## TRY IT:
The response should hold each line from the entries below where "replicate" is found.

(Stored items)
// The terms that have a block for a range, by range.
ghost use Rattle.std.specs.Prelude.{◌≡◌, ◌<◌, ◌^◌, [], ◌∷◌, ◌++◌, replicate, set, slice_index_or, length, IfOk, OnOk};
ghost use Rattle.std.specs.List.{All, AllPairs};
ghost use Rattle.disk_index.specs.Kept.{ArePlaces};
ghost use Rattle.disk_index.specs.Ranks.{AreRanks, IsRanked};

use ri_base::{List, NoMemory};
use seg_codec::{BlockPlace, TermBlocks};
use std::alloc::Global;

/// The ranks of terms, in order.
pub(crate) type Ranks = List<u32>;

/// The ranks of the terms that have a block for a range, for each range that has one of so many documents. The dictionary is gone
/// over once.
pub(crate) fn ranks_by_range(
    alloc: Global,
    dictionary: &[TermBlocks],
    docs: u32,
) -> Result<Vec<Ranks>, NoMemory>
    requires few { length dictionary.now < 2 ^ 32 }
    requires places { All ArePlaces dictionary.now }
    ensures { IfOk result (λ rows. AreRanks docs dictionary.now rows.items) }
{
    let mut rows = empty_rows(alloc, docs.div_ceil(64))?;
    let mut rank = 0u32;
    for term in dictionary {
        add_rank(&mut rows, term.blocks.as_slice(), rank)?;
        rank += 1;
    }
    Ok(rows)
}

/// So many ranges without a rank.
fn empty_rows(alloc: Global, count: u32) -> Result<Vec<Ranks>, NoMemory>
    ensures { IfOk result (λ rows. rows.items ≡ replicate count []) }
{
    let mut rows = Vec::with_capacity(alloc, count as usize)?;
    for _range in 0..count {
        rows.push(Ranks::new(alloc))?;
    }
    Ok(rows)
}

/// Puts the rank of a term with these blocks behind each of their ranges.
fn add_rank(rows: &mut Vec<Ranks>, blocks: &[BlockPlace], rank: u32) -> Result<(), NoMemory>
    requires { AllPairs (λ a b. a.range < b.range) blocks.now }
    ensures { OnOk result (IsRanked blocks.now rank rows.old.items rows.new.items) }
{
    for block in blocks {
        put_rank(rows, block.range as usize, rank)?;
    }
    Ok(())
}

/// Puts a rank behind those of a range, if there is such a range.
fn put_rank(rows: &mut Vec<Ranks>, range: usize, rank: u32) -> Result<(), NoMemory>
    ensures { OnOk result (rows.new.items ≡ set rows.old.items range (slice_index_or rows.old.items range [] ++ rank ∷ [])) }
{
    if range >= rows.len() {
        return Ok(());
    }
    rows[range].push(rank)?;
    Ok(())
}
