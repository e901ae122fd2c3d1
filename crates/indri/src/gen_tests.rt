// Runs of `gen` over a store in memory.
use crate::store_tests::{CREATE, Step, are_ended, is_ended, stands};
use crate::tests::USAGE;
use indri_app::Status;
use std::alloc::Global;
use store_ends::{Left, MemStore, StoreFail};

/// The query of a generated collection.
pub const ASKED: &[&str] = &["query", "w0 #1(w1 w2)"];

/// What it answers of three documents of which the second is deleted.
pub const KEPT: &str = "1 - -2.585251 g0 0 2\n2 > -2.586403 g2 0 4\n";

pub const GENERATED: Step = (
    &["gen", "3"],
    "",
    Status::Done,
    "gen 3 live 2 tokens 6\n1 - -2.585251 g0 0 2\n2 > -2.586403 g2 0 4\n",
);

/// A collection is made, and stays for the commands behind it.
static MADE: [Step; 4] = [
    GENERATED,
    (ASKED, "", Status::Done, KEPT),
    (&["gen", "3"], "", Status::Exists, "exists\n"),
    (
        &["session"],
        "delete g1\ndelete g2\nend\n",
        Status::SomeRefused,
        "refused NoSuchDoc g1\ndeleted g2\nended 1\n",
    ),
];

/// Of one document nothing is deleted. No input is read.
static ONE: [Step; 1] = [(
    &["gen", "1"],
    "x",
    Status::Done,
    "gen 1 live 1 tokens 2\n1 - -1.500576 g0 0 2\n",
)];

static SEVEN: [Step; 1] = [(
    &["gen", "7"],
    "",
    Status::Done,
    "gen 7 live 5 tokens 14\n1 - -2.513817 g5 0 4\n2 > -2.514010 g6 0 2\n3 > -2.514682 g0 0 2\n4 > -2.515834 g2 0 4\n",
)];

/// The greatest collection: the first of its results but one have the same words.
static LARGEST: [Step; 1] = [(
    &["gen", "100000"],
    "",
    Status::Done,
    "gen 100000 live 66667 tokens 200000\n1 - -2.613113 g10004 0 4\n2 = -2.613113 g10010 0 4\n3 = -2.613113 g10019 0 4\n4 = -2.613113 g10025 0 4\n5 = -2.613113 g10034 0 4\n6 = -2.613113 g1004 0 4\n7 = -2.613113 g10040 0 4\n8 = -2.613113 g10049 0 4\n9 = -2.613113 g10055 0 4\n10 = -2.613113 g10064 0 4\n",
)];

/// There is a repository already, and words that are no command.
static NONE: [Step; 6] = [
    (&["gen"], "", Status::Usage, USAGE),
    (&["gen", "0"], "", Status::Usage, USAGE),
    (&["gen", "100001"], "", Status::Usage, USAGE),
    (&["gen", "3", "--mu", "1"], "", Status::Usage, USAGE),
    CREATE,
    (&["gen", "3"], "", Status::Exists, "exists\n"),
];

#[test]
fn generated(rt: HostRuntime) {
    assert!(rt; are_ended(rt.alloc(), &MADE));
    assert!(rt; are_ended(rt.alloc(), &ONE));
    assert!(rt; are_ended(rt.alloc(), &SEVEN));
    assert!(rt; are_ended(rt.alloc(), &LARGEST));
    assert!(rt; are_ended(rt.alloc(), &NONE));
}

/// What the query answers before the first flush, between the two, and behind the last.
static ANSWERS: [&str; 3] = [
    "",
    "1 - -2.669063 g1 0 3\n2 > -2.669781 g0 0 2\n3 > -2.670934 g2 0 4\n",
    KEPT,
];

const BROKEN: Step = (&["gen", "3"], "", Status::StoreFault, "fault store\n");

/// How many calls of the store it makes.
const CALLS: u64 = 16;

/// A store whose call of that number fails, and leaves the file so.
fn store_of(alloc: Global, call: u64, left: Left) -> Option<MemStore> {
    let mut fails = Vec::new(alloc);
    fails.push(StoreFail { call, left }).ok()?;
    Some(MemStore::new(alloc, Vec::new(alloc), fails))
}

/// Whether nothing is written but the last line, and the files stand for nothing yet or for the documents at one of the flushes.
fn breaks(alloc: Global, call: u64, left: Left) -> bool {
    match store_of(alloc, call, left) {
        Some(mut store) => {
            is_ended(alloc, &mut store, &BROKEN) && stands(alloc, &mut store, ASKED, &ANSWERS)
        }
        None => false,
    }
}

#[test]
fn each_call_of_the_store_fails(rt: HostRuntime) {
    for call in 1..=CALLS {
        assert!(rt; breaks(rt.alloc(), call, Left::Old), "{call}");
        assert!(rt; breaks(rt.alloc(), call, Left::New), "{call}");
        assert!(rt;
            breaks(rt.alloc(), call, Left::Torn(Vec::new(rt.alloc()))),
            "{call}"
        );
    }
}

/// Whether it is done whole where a call behind its last one is to fail.
fn is_whole(alloc: Global) -> bool {
    match store_of(alloc, CALLS.saturating_add(1), Left::Old) {
        Some(mut store) => is_ended(alloc, &mut store, &GENERATED),
        None => false,
    }
}

#[test]
fn no_call_fails(rt: HostRuntime) {
    assert!(rt; is_whole(rt.alloc()));
}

## PROBLEM SOLUTION:
ghost use Rattle.std.specs.Prelude.{◌≡◌, ◌<◌, ◌^◌, [], ◌∷◌, ◌++◌, replicate, set, slice_index_or, length, IfOk, OnOk};
    ensures { IfOk result (λ rows. rows.items ≡ replicate count []) }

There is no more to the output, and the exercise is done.